§ Given entries:
╭──

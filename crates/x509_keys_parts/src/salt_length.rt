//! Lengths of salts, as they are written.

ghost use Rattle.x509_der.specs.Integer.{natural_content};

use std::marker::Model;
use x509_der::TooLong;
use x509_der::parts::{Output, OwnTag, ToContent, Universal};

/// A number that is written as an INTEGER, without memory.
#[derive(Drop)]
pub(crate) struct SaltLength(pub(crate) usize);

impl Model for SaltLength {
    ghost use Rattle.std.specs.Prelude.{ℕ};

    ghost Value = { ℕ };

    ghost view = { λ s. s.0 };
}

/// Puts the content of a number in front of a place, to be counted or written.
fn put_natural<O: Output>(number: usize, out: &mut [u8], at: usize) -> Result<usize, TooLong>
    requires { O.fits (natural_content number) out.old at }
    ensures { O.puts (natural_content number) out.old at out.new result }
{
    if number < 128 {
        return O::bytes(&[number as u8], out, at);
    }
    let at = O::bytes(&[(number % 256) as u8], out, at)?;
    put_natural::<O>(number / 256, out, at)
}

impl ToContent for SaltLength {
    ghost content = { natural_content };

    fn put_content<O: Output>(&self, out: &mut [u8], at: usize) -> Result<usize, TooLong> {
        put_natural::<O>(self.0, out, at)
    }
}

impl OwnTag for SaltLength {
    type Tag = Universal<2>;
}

╰──
╭──

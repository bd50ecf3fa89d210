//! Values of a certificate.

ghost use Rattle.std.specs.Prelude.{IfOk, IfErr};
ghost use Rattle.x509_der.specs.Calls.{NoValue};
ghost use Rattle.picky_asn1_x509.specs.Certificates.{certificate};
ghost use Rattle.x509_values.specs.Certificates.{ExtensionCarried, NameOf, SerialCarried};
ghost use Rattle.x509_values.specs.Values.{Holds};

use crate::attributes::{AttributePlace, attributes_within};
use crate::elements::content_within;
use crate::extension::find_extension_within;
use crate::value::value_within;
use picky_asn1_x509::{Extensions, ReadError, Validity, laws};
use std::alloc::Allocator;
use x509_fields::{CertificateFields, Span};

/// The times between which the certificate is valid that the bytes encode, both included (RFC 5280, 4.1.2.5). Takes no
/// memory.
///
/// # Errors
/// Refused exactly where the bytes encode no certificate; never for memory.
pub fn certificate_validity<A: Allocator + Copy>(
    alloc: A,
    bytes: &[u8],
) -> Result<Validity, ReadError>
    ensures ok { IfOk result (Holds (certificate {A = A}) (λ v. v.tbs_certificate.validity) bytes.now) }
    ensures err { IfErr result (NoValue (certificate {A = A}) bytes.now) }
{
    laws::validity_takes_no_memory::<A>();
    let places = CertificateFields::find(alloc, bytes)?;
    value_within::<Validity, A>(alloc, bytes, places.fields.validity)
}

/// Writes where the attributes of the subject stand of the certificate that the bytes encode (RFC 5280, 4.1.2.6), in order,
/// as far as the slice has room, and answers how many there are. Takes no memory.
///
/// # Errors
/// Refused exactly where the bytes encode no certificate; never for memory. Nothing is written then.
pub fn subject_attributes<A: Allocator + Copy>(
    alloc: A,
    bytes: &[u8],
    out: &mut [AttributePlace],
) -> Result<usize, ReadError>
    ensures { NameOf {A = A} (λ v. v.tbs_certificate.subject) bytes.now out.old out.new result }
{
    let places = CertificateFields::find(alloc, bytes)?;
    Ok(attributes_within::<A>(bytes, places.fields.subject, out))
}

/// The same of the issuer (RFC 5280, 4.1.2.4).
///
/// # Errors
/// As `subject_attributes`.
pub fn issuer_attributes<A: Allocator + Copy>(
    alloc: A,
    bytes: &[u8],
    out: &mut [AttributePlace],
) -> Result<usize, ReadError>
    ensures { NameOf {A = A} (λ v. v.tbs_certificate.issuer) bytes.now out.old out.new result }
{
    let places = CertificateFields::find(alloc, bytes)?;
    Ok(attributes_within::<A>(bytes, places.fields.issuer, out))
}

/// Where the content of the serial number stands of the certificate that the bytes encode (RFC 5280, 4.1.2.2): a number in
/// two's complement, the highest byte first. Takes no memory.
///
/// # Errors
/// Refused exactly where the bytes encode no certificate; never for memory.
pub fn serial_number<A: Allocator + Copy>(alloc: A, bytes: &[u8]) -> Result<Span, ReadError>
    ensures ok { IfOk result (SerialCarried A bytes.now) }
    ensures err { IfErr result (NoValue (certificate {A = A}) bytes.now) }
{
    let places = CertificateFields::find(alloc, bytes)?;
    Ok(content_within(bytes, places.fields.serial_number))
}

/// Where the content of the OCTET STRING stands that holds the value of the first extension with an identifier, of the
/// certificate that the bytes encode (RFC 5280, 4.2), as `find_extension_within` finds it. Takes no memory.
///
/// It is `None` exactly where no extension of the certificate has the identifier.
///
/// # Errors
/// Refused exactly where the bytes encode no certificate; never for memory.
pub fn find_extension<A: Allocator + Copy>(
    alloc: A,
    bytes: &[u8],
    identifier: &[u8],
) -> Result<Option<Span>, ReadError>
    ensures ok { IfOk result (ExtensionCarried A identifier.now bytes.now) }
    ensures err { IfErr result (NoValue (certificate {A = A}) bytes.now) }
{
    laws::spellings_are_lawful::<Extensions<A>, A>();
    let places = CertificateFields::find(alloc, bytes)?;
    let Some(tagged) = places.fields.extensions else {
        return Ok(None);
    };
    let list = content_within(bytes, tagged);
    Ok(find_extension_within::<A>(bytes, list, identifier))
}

╰──
╭──

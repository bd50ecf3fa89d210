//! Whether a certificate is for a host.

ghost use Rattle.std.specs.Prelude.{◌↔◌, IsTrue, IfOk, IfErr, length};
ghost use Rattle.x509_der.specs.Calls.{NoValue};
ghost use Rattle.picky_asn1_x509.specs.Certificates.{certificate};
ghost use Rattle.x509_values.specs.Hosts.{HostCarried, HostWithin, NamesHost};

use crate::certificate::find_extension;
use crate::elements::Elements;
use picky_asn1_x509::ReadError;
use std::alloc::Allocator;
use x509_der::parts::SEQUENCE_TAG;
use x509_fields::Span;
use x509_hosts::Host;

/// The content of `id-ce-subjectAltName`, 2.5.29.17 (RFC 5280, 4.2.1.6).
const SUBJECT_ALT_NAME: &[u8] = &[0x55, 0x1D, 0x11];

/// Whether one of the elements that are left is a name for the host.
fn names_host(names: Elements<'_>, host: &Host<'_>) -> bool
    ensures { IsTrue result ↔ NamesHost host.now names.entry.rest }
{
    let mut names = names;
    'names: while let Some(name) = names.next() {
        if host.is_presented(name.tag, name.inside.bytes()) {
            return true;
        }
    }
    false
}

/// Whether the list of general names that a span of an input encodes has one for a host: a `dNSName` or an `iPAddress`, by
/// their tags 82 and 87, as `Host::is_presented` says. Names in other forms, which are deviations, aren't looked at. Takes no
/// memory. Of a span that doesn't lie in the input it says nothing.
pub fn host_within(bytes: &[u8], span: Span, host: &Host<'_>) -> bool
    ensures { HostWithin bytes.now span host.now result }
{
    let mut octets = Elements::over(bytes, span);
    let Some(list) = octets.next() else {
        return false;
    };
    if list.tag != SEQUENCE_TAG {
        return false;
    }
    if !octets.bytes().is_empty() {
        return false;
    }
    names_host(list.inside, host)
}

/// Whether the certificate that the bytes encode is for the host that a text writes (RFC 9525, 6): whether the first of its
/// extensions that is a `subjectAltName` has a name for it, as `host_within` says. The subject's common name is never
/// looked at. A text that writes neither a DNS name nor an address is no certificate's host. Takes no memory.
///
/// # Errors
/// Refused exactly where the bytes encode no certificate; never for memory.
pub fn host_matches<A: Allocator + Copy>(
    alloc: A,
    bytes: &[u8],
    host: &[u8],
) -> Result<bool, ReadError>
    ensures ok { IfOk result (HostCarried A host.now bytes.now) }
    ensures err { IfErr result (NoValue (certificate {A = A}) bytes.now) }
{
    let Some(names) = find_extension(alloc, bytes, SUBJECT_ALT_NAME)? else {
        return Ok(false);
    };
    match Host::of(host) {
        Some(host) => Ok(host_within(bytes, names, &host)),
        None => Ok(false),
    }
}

╰──

§ Work order: Nothing except a number is needed: how many lines of the entries contain the word "Whether"?

§ Solution for this exercise: 4